Milly worked her way on through the signal, section by section. The exercise was giving her a strong inferiority complex. The results that she was seeing had been performed so quickly, and offered such powerful evidence of ingenuity—what could she possibly contribute? The team had already established the existence of unique start and stop sequences, each fourteen bits long. Numerical base and reading order were known beyond doubt: integers were base 2 and base 4, with the most significant digit to the right. Sequences of primes and squares and cubes had been discovered, more than long enough to be unambiguous.
When she came to the very end of the signal, with its termination as a repeated pattern of the fourteen-bit stop sequence, Milly at once went back to the beginning and started over. The easy part, following the trail that others had already marked out, was over. Now she had to do something to justify her own presence in the group.

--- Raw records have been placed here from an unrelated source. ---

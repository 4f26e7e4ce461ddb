//! A static storage that has its bytes.
ghost use Rattle.std.specs.Prelude.{◌≡◌, ℕ, ◌==◌, ◌<◌, ◌++◌, ◌↔◌, List, Bool, true, false, length, drop, codes, IsTrue, OnOk, OnErr, IsErrOf};
ghost use Rattle.board_names.specs.Table.{let_go, IsFree};

use crate::builder::Builder;
use crate::content::Content;
use crate::locked::Locked;
use crate::static_storage::{StaticStorage, StaticStorageContent};
use crate::statics::{StaticRegistry, Statics};
use board_names::{FileName, NamePlace, NamedConcept, NamedConceptMgmt, StaticStorageReadError};
use std::marker::Model;
use std::sync::{MutexGuard, Wait};

/// A static storage that has its bytes, and keeps them when its name is gone.
///
/// Clauses see its name, its full name, whether it owns the name, and the bytes.
#[derive(Drop)]
pub struct Storage {
    place: NamePlace<Statics>,
    owns: bool,
    content: Content,
}

impl Model for Storage {
    ghost use Rattle.board_store.specs.Storage.{StorageView};

    ghost Value = { StorageView };

    ghost view = { λ s. record { place = s.place; owns = s.owns; bytes = s.content } };
}

impl Storage {
    pub(crate) fn at(place: NamePlace<Statics>, owns: bool, content: Content) -> Storage
        ensures { result ≡ record { place = place; owns = owns; bytes = content } }
    {
        Storage {
            place,
            owns,
            content,
        }
    }

    /// `release` over the storages themselves: those in which it was made or opened.
    pub fn release_in(self, state: &mut Statics)
        ensures after { state.new ≡ let_go state.old self.owns self.place.path }
        ensures gone { IsTrue self.owns → IsFree state.new self.place.path }
    {
        self.place.let_go(state, self.owns);
    }
}

impl NamedConcept for Storage {
    ghost name_of = { λ s. s.place.name };

    fn name(&self) -> &FileName {
        self.place.name()
    }
}

impl NamedConceptMgmt for Storage {
    type Names = Statics;

    type Registry = StaticRegistry;

    fn lock<'a, R: Wait>(rt: &R, registry: &'a StaticRegistry) -> MutexGuard<'a, Statics> {
        registry.lock(rt)
    }
}

impl StaticStorageContent for Storage {
    ghost content_of = { λ s. s.bytes };

    ghost is_owner = { λ s. s.owns };
}

impl StaticStorage for Storage {
    type Builder = Builder;

    type Locked = Locked;

    fn len(&self) -> u64 {
        self.content.len()
    }

    fn is_empty(&self) -> bool {
        self.content.is_empty()
    }

    fn read(&self, buffer: &mut [u8]) -> Result<(), StaticStorageReadError> {
        self.content.read(buffer)
    }

    fn release_ownership(&mut self)
        ensures { self.new ≡ record self.old { owns = false } }
    {
        self.owns = false;
    }

    fn acquire_ownership(&mut self)
        ensures { self.new ≡ record self.old { owns = true } }
    {
        self.owns = true;
    }

    fn release<R: Wait>(self, rt: &R) {
        let mut state = self.place.lock(rt);
        self.place.let_go(&mut state, self.owns);
    }

    fn default_suffix() -> FileName {
        FileName::from_valid(b".static_storage")
    }
}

Sit, observe, learn, keep quiet
; that was all very well—for the first half-day. After that, Milly hoped to bring her own special knowledge and experience to bear. She went to a section near the middle of the signal, where analysis and comments by members of the Puzzle Network were meager and felt tentative. This was a place with special significance for Milly. It was here where she first noticed the oddity that had evolved into the Wu-Beston anomaly, and she had studied it extensively.
Something she had brought with her from Argus Station, more important than clothing or personal effects, was her own suite of processing programs. She had no illusions that they were
better
than anyone else’s; what she was sure was that they were different. Also, they were
hers
, and she knew them inside-out.
She began her analysis. It was similar to what she had attempted months ago, with one crucial difference: she could now build on everything established or conjectured by the Puzzle Network group. The start-stop coding sequence was known. She was sure of the integers. Perhaps most important of all, she knew that what she was dealing with
was
a signal. Puzzles always become easier when you know that a solution exists.
The section that she clipped out for inspection was only a small section of the whole, roughly a hundred million digits out of twenty-one billion. You could eat that up very quickly with images, but she had deliberately avoided low-entropy data runs. What she hoped to find was “text”—whatever that term might mean to an alien mind. It was too early in the game to hope for keys to an actual language.